Scan the listing and copy each line where the word "match" is present.

= = = = = = =

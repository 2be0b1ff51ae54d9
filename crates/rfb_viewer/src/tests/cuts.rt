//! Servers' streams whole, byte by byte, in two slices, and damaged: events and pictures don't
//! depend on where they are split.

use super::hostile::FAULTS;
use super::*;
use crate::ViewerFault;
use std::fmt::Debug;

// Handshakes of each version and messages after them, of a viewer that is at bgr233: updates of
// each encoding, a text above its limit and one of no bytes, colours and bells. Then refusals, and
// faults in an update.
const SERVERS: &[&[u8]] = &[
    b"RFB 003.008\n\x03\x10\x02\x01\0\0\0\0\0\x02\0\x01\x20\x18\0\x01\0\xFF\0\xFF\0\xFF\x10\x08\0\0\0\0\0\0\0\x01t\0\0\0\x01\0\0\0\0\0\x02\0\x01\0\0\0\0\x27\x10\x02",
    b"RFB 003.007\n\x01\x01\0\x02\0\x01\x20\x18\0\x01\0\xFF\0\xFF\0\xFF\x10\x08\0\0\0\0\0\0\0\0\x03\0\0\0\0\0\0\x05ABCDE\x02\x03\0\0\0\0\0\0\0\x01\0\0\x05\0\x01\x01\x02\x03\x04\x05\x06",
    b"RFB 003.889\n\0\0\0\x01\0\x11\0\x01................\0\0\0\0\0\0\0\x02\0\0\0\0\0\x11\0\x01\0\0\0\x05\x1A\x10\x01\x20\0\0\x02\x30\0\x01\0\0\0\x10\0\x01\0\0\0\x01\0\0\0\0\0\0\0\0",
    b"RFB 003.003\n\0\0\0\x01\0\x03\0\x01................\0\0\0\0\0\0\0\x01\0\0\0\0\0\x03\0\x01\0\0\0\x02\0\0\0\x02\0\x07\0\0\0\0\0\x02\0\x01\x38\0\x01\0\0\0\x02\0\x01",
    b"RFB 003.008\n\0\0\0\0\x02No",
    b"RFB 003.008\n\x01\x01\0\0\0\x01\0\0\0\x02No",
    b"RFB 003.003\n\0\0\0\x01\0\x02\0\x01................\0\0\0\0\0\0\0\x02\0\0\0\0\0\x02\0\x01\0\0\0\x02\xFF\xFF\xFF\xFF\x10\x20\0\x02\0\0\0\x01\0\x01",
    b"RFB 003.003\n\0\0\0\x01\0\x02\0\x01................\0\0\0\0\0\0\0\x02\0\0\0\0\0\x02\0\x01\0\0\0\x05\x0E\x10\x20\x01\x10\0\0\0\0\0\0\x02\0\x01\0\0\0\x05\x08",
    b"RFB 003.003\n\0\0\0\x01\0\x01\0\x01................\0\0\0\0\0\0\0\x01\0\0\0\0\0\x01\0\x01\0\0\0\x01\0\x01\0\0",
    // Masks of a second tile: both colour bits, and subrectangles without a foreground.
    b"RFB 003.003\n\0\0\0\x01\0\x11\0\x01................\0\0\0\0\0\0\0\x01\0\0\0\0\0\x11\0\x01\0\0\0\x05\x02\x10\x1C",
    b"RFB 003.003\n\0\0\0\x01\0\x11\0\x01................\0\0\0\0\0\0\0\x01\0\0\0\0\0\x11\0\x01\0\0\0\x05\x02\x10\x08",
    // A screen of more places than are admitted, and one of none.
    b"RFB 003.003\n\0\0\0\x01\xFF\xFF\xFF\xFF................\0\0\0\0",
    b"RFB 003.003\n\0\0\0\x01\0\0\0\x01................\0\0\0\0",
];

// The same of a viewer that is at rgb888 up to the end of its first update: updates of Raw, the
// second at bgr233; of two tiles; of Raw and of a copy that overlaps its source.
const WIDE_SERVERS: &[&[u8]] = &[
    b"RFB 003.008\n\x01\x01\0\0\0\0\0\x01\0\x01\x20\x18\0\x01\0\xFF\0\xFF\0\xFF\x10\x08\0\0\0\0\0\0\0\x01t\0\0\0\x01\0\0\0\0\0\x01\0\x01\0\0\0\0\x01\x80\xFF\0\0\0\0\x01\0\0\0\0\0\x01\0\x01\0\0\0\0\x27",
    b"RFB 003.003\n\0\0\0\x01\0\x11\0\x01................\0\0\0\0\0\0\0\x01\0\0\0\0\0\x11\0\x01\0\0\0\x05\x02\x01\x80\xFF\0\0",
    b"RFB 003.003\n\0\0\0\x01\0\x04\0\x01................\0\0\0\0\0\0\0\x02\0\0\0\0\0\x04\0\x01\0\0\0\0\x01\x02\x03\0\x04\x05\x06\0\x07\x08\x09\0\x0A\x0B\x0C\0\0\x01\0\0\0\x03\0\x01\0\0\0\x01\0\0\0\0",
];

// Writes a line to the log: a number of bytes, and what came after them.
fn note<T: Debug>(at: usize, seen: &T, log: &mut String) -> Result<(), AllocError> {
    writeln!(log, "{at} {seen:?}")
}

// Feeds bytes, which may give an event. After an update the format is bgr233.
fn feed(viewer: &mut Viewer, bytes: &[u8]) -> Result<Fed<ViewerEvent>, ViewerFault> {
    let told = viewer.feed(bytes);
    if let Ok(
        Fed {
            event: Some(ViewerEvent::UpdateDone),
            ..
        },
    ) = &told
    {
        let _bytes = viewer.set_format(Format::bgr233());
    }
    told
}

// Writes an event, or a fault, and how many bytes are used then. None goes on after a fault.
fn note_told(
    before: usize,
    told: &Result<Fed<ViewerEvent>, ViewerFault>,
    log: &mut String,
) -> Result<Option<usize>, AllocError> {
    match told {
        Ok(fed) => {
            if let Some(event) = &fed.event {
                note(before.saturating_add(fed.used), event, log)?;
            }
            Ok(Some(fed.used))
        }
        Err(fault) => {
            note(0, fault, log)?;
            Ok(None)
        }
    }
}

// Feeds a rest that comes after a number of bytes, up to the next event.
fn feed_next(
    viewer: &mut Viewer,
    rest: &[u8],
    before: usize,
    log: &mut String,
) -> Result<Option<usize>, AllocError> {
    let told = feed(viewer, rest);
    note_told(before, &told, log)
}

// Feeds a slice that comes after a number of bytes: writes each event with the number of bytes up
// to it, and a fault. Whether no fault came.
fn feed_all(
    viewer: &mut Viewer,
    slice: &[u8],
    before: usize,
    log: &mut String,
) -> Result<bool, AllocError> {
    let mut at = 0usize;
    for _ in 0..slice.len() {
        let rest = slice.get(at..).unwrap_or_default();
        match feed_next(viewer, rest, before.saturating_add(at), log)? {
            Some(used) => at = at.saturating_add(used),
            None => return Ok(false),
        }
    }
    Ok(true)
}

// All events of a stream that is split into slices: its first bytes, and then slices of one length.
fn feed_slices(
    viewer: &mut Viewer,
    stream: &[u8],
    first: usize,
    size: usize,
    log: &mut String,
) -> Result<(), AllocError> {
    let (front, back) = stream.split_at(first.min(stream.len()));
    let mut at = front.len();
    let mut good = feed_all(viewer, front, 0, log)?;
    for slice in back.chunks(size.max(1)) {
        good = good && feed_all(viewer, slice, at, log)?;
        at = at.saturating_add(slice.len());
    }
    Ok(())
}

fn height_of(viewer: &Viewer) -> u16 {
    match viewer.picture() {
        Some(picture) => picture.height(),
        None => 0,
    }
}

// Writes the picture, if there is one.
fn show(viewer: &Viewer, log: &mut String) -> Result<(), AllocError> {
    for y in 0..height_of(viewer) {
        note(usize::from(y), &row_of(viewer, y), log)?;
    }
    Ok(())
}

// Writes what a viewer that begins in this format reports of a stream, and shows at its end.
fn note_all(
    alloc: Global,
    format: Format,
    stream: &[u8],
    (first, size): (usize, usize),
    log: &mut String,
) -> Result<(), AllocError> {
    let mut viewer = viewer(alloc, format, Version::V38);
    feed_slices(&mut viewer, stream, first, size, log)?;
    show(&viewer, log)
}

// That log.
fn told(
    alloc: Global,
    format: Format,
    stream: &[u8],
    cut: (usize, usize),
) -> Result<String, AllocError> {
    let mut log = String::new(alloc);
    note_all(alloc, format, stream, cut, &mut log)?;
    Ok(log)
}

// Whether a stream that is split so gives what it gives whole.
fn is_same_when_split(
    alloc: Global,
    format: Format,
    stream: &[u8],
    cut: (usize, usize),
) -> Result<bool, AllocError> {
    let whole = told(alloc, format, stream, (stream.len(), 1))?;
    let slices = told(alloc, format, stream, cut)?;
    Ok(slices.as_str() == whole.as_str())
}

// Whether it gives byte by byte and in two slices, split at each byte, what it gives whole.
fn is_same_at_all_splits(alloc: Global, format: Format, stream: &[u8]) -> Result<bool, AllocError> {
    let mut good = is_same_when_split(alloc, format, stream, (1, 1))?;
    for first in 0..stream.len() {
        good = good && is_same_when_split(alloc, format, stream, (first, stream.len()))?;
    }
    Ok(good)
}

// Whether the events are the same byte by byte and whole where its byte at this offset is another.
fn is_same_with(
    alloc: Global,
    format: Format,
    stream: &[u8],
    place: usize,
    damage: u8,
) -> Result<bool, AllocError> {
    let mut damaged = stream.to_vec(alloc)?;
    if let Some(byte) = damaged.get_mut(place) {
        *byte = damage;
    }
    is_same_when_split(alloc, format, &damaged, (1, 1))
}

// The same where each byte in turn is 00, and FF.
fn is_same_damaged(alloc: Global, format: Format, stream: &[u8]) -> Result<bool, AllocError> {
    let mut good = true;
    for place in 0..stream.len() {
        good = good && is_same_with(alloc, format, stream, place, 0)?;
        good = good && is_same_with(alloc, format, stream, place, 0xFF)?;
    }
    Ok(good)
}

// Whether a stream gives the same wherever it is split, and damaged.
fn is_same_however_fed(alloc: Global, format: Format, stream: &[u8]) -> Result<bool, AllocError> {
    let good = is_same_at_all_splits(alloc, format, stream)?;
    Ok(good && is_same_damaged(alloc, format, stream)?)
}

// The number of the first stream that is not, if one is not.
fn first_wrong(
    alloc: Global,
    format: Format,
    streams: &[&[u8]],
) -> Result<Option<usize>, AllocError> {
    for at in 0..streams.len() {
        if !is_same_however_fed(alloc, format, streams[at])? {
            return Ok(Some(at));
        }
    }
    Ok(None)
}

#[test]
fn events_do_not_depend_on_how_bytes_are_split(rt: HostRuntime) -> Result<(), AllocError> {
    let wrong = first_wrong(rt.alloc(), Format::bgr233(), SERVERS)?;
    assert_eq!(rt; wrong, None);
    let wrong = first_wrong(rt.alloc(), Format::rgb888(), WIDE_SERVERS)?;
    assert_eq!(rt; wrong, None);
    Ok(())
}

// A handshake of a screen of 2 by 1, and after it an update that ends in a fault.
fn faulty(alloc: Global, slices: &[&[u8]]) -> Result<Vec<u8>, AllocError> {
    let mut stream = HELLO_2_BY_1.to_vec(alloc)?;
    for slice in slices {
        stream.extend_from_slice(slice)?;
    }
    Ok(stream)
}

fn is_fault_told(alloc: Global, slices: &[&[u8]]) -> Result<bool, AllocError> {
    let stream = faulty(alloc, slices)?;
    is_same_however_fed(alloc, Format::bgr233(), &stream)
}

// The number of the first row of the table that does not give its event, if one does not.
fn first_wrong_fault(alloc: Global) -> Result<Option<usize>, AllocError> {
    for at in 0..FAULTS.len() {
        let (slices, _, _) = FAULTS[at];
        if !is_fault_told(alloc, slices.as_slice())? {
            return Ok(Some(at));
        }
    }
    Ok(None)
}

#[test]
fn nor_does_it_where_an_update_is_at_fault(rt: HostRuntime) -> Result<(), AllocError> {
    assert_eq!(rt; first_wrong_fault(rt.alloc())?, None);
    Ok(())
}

= = = = = = =

**Answer space**
    match told {
        match feed_next(viewer, rest, before.saturating_add(at), log)? {
    match viewer.picture() {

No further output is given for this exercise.